- [RECORDS FOR THIS EXERCISE]
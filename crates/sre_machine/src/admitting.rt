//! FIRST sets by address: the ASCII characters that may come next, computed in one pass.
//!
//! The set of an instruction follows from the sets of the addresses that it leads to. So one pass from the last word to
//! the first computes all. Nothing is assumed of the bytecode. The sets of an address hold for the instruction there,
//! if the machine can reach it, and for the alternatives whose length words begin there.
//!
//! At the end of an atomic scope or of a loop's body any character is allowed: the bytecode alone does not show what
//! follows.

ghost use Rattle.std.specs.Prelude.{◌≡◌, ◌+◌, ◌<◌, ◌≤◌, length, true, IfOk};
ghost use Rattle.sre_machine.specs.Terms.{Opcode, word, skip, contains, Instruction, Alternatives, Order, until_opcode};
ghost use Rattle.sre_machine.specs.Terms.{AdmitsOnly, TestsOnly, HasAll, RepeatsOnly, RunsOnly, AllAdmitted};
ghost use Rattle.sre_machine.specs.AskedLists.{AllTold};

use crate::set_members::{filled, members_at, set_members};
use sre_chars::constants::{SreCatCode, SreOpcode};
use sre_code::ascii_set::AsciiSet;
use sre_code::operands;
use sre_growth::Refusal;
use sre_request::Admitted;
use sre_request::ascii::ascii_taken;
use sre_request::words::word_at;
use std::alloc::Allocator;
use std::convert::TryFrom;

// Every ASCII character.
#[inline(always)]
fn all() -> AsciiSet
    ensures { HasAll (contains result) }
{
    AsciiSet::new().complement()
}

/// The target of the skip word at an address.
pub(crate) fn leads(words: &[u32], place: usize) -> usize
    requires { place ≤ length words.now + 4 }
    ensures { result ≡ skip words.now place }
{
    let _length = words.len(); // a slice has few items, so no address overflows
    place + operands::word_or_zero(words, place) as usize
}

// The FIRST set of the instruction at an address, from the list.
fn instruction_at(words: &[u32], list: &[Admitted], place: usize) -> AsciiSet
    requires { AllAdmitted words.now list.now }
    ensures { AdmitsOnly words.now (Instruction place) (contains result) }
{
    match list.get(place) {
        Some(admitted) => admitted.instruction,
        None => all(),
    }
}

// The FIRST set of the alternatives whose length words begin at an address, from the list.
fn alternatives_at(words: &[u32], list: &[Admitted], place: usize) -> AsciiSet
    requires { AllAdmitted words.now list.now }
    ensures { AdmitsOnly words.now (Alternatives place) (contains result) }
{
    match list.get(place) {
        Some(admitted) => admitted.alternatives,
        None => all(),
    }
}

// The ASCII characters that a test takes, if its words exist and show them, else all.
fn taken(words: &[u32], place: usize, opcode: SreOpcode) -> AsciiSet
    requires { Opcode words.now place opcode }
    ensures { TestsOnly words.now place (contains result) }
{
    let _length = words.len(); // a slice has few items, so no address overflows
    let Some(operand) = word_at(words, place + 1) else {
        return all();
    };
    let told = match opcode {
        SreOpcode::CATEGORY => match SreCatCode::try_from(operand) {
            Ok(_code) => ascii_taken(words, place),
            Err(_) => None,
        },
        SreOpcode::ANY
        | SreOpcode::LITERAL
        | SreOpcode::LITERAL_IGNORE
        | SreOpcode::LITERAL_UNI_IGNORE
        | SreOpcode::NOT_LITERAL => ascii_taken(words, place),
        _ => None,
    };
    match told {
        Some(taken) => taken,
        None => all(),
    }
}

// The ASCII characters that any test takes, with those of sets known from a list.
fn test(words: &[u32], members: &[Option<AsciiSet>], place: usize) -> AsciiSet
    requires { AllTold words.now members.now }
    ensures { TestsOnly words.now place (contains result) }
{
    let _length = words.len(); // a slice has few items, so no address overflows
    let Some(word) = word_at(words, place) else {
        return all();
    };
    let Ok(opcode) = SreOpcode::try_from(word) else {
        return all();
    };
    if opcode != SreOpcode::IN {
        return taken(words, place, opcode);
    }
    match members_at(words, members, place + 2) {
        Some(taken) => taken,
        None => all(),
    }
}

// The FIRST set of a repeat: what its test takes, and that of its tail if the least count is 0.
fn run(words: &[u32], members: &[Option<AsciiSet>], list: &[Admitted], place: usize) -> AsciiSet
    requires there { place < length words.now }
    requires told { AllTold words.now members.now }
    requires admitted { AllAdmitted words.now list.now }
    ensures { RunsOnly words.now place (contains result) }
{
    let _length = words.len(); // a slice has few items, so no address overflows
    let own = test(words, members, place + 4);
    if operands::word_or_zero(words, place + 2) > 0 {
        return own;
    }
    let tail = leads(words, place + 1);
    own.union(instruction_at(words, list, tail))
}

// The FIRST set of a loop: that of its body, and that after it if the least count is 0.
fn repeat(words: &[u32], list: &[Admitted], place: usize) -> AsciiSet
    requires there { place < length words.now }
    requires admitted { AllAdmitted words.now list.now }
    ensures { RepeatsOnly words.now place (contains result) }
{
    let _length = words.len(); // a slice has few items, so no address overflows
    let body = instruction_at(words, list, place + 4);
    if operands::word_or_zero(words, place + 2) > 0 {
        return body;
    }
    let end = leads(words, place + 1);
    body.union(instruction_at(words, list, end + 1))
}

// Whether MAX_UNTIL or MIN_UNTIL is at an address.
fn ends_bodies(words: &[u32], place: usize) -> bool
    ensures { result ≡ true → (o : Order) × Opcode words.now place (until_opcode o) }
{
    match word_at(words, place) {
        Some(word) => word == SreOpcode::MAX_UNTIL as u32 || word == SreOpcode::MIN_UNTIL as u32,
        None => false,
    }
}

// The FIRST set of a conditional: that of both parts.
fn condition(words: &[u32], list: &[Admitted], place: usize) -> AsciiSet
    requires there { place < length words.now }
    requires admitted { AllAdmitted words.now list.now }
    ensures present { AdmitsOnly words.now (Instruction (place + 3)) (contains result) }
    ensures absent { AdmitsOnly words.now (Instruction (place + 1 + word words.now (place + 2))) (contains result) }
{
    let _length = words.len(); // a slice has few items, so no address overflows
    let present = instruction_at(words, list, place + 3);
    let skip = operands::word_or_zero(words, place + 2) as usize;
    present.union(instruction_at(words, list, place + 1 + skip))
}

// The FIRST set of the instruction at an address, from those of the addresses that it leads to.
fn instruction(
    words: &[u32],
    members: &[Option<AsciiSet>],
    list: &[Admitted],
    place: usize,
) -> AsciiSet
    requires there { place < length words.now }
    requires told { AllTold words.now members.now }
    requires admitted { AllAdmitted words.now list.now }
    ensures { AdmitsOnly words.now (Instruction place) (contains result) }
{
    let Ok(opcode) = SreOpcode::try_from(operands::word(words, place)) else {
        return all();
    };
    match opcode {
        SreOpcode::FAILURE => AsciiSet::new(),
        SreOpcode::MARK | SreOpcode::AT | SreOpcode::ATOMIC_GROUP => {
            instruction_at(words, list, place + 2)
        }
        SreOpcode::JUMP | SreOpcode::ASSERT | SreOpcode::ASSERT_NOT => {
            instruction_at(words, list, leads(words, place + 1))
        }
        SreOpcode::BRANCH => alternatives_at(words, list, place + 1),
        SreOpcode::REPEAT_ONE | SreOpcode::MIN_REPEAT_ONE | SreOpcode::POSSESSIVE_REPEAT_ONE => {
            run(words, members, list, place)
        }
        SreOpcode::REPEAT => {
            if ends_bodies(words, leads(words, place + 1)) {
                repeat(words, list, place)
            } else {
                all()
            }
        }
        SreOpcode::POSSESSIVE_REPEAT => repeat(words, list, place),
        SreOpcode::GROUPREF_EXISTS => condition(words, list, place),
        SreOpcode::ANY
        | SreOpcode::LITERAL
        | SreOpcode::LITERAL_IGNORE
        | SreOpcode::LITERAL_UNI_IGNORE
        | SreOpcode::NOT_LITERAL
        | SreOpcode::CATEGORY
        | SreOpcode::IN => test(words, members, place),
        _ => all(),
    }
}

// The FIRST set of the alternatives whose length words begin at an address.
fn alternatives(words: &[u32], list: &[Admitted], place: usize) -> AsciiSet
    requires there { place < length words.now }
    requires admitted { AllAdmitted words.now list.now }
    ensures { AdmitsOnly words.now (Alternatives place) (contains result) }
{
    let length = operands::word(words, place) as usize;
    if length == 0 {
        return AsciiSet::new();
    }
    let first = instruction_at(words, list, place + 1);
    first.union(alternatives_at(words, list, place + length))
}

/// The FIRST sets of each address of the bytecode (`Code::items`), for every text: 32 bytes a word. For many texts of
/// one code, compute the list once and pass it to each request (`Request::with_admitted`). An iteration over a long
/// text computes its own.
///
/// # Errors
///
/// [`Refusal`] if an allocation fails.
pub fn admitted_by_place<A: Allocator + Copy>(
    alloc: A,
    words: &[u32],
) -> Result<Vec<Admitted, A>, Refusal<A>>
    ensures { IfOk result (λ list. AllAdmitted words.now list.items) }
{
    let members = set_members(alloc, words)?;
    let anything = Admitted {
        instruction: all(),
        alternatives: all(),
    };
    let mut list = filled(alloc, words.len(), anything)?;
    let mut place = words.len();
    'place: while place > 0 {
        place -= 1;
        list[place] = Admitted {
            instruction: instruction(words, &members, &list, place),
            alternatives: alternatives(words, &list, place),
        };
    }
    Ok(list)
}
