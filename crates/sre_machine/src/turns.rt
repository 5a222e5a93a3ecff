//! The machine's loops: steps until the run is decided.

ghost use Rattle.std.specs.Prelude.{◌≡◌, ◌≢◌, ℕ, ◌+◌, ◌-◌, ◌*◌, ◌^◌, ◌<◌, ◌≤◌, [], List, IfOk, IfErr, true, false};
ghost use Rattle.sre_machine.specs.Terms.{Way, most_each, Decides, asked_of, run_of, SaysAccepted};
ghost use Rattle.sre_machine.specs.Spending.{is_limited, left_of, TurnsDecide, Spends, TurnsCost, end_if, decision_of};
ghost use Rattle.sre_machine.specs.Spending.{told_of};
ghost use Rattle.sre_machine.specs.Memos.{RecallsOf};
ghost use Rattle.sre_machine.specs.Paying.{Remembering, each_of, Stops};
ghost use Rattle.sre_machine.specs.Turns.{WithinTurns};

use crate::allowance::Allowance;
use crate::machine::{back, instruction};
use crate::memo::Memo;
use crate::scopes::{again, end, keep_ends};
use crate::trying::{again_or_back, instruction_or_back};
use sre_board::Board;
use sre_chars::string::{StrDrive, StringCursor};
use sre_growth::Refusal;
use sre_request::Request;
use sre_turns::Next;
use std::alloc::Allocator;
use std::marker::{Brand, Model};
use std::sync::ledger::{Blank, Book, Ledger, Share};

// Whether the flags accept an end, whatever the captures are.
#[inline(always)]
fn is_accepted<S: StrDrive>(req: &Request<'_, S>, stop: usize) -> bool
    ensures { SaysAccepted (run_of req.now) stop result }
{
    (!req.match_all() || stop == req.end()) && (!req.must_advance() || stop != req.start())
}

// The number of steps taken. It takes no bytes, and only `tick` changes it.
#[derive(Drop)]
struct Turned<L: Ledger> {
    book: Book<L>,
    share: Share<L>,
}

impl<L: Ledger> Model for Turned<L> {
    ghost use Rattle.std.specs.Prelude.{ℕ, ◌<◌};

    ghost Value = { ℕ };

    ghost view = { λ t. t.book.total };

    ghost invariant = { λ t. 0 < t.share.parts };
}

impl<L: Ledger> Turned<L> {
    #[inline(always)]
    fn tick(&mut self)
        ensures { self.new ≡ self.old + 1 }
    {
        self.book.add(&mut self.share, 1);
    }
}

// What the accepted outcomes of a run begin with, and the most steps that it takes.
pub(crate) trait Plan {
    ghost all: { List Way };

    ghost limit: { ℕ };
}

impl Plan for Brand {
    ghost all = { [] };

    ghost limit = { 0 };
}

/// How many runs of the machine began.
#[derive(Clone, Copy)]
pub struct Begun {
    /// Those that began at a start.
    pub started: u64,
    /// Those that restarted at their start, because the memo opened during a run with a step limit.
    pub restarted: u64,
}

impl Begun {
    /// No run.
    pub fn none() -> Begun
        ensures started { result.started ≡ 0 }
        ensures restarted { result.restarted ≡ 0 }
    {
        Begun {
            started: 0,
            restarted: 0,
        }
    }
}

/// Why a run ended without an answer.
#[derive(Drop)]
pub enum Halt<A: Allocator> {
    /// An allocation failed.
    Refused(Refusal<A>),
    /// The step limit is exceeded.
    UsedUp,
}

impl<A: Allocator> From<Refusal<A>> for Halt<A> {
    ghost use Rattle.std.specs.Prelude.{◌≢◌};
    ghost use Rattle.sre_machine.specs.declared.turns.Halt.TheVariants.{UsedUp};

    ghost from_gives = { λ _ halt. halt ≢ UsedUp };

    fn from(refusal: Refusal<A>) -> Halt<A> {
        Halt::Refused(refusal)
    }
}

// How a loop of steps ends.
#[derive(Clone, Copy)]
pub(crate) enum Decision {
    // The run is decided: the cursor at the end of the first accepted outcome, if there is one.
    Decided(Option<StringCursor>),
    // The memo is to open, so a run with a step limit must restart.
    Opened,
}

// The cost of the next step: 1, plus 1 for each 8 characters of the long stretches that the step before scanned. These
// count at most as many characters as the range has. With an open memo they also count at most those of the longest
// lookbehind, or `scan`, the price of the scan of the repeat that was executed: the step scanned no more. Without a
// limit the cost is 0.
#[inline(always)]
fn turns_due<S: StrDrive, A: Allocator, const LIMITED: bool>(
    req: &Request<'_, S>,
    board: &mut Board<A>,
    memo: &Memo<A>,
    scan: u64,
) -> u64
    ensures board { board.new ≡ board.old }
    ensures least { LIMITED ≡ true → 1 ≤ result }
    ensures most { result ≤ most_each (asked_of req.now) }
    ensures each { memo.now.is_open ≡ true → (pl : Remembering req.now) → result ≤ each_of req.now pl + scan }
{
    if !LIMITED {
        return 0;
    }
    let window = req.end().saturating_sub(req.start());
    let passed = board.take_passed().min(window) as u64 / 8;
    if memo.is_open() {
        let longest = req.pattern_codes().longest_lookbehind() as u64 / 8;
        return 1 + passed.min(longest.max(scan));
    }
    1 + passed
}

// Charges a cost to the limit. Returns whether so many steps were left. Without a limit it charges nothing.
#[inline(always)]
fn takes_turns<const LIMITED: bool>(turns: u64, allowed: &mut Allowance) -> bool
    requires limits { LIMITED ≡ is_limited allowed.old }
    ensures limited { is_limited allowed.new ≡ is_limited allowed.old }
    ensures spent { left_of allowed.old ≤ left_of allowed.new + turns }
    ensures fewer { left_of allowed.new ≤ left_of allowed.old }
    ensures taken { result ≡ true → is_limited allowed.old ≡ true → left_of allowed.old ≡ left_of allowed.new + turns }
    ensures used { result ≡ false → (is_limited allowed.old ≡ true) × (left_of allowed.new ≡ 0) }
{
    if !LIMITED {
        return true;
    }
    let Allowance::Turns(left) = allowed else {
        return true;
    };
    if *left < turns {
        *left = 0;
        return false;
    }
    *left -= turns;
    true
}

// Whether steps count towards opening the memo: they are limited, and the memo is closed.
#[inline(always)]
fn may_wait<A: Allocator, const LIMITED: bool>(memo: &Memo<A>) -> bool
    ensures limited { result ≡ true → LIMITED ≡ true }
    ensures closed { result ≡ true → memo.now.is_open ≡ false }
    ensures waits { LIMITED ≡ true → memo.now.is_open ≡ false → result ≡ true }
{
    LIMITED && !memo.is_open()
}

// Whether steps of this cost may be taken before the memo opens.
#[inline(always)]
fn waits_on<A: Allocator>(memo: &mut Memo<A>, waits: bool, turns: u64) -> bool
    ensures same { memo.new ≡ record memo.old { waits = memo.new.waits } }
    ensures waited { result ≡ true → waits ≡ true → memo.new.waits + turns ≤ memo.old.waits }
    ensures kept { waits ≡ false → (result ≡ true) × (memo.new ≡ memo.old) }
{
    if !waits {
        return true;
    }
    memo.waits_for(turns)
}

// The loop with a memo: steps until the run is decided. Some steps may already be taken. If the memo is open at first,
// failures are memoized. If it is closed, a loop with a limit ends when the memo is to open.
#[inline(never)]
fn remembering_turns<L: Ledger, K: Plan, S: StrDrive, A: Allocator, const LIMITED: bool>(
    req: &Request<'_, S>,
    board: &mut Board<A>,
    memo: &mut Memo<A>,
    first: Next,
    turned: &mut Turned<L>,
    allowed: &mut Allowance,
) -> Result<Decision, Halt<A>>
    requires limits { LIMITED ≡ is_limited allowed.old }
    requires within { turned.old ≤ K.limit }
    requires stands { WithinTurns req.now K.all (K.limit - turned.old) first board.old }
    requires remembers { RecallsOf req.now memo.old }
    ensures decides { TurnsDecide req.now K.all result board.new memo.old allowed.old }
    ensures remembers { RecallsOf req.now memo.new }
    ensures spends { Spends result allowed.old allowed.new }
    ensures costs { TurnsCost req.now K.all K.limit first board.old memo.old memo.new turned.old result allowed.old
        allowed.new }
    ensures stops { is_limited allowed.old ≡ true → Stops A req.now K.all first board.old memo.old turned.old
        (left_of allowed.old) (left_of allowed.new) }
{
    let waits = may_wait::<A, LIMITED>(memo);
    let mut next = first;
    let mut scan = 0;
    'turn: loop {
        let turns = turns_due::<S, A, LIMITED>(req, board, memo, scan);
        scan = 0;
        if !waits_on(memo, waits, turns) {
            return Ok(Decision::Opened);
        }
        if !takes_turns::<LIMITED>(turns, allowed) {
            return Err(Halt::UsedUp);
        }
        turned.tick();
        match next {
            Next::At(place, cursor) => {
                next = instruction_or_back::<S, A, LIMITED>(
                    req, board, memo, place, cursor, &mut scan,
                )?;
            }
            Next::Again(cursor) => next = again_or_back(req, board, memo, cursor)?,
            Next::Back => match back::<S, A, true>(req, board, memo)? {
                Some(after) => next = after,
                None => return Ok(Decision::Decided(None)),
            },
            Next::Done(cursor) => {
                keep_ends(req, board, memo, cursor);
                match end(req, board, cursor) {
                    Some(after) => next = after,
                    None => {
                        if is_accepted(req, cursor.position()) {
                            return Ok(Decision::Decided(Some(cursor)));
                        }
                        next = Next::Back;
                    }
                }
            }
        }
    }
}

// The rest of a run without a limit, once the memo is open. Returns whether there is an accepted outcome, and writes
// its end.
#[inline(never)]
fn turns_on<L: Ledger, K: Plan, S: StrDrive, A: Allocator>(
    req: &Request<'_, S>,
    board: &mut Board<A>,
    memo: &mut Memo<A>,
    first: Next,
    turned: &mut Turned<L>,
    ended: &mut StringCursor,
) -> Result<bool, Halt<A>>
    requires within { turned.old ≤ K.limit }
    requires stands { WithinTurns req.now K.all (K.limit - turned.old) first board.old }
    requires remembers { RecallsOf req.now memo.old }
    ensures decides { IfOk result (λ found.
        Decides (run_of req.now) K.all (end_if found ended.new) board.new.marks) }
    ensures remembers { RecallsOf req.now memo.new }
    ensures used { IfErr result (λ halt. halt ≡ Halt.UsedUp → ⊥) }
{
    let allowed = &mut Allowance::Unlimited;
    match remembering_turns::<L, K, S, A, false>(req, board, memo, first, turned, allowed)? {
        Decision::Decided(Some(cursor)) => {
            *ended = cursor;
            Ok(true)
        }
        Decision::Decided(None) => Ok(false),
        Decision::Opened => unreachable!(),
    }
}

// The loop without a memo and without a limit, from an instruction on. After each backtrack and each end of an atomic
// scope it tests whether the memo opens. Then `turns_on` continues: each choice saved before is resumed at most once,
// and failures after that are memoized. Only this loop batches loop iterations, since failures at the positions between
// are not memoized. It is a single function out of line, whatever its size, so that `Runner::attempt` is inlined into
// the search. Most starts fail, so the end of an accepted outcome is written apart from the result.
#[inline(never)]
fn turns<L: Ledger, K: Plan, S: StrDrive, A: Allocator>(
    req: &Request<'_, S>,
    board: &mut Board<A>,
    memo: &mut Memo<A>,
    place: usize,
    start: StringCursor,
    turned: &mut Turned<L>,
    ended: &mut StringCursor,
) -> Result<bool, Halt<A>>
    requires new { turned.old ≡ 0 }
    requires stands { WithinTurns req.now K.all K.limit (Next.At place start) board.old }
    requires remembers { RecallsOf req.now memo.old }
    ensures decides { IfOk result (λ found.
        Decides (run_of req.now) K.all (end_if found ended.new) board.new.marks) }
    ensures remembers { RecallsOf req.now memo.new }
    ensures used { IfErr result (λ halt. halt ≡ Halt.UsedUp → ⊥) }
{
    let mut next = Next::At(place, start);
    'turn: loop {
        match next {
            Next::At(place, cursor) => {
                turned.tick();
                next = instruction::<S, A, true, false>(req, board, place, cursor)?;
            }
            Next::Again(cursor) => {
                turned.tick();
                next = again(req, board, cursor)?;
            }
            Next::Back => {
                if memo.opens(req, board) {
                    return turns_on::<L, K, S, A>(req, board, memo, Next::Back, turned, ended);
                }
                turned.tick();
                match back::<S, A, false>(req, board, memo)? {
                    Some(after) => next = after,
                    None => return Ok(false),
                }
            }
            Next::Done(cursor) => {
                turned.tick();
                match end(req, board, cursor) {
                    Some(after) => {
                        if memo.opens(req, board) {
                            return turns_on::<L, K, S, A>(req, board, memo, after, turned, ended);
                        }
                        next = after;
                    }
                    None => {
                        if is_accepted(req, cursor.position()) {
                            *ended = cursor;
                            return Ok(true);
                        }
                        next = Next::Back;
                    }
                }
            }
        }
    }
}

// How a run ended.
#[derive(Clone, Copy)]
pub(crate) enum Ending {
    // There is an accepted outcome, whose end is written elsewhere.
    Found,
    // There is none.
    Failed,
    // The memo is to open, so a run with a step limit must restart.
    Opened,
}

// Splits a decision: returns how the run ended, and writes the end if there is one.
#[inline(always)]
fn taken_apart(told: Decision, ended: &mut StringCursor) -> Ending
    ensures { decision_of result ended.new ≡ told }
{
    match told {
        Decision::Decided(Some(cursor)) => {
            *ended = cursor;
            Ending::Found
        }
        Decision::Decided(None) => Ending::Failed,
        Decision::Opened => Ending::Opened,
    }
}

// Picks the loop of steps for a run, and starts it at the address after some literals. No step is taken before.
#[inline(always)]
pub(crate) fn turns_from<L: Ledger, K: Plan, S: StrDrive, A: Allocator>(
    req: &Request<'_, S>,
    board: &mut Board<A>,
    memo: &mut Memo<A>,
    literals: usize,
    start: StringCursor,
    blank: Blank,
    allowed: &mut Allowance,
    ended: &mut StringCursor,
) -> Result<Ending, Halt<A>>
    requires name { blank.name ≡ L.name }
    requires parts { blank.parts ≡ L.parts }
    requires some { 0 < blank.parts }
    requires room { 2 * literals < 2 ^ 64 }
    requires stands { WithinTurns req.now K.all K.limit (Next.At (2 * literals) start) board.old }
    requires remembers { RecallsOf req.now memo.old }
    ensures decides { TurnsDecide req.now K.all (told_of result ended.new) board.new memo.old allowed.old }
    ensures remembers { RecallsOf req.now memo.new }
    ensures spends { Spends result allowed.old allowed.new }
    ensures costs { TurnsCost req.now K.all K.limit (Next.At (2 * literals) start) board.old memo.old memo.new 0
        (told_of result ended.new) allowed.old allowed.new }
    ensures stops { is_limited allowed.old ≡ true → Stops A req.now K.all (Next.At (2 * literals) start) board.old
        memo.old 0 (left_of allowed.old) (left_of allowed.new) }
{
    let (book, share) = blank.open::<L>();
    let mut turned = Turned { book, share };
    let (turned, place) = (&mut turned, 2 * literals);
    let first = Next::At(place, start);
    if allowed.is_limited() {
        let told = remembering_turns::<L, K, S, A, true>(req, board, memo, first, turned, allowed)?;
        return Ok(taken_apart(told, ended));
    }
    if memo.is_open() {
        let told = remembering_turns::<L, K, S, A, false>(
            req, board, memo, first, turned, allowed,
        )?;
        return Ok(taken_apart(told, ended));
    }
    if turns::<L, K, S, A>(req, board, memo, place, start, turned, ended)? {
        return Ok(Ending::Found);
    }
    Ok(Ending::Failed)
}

- [TASK DIRECTIONS] All the lines that hold the word "impl" must appear in the answer, copied from the records.

- [RESPONSE TO THE TASK]
impl<L: Ledger> Model for Turned<L> {
impl<L: Ledger> Turned<L> {
impl Plan for Brand {
impl Begun {
impl<A: Allocator> From<Refusal<A>> for Halt<A> {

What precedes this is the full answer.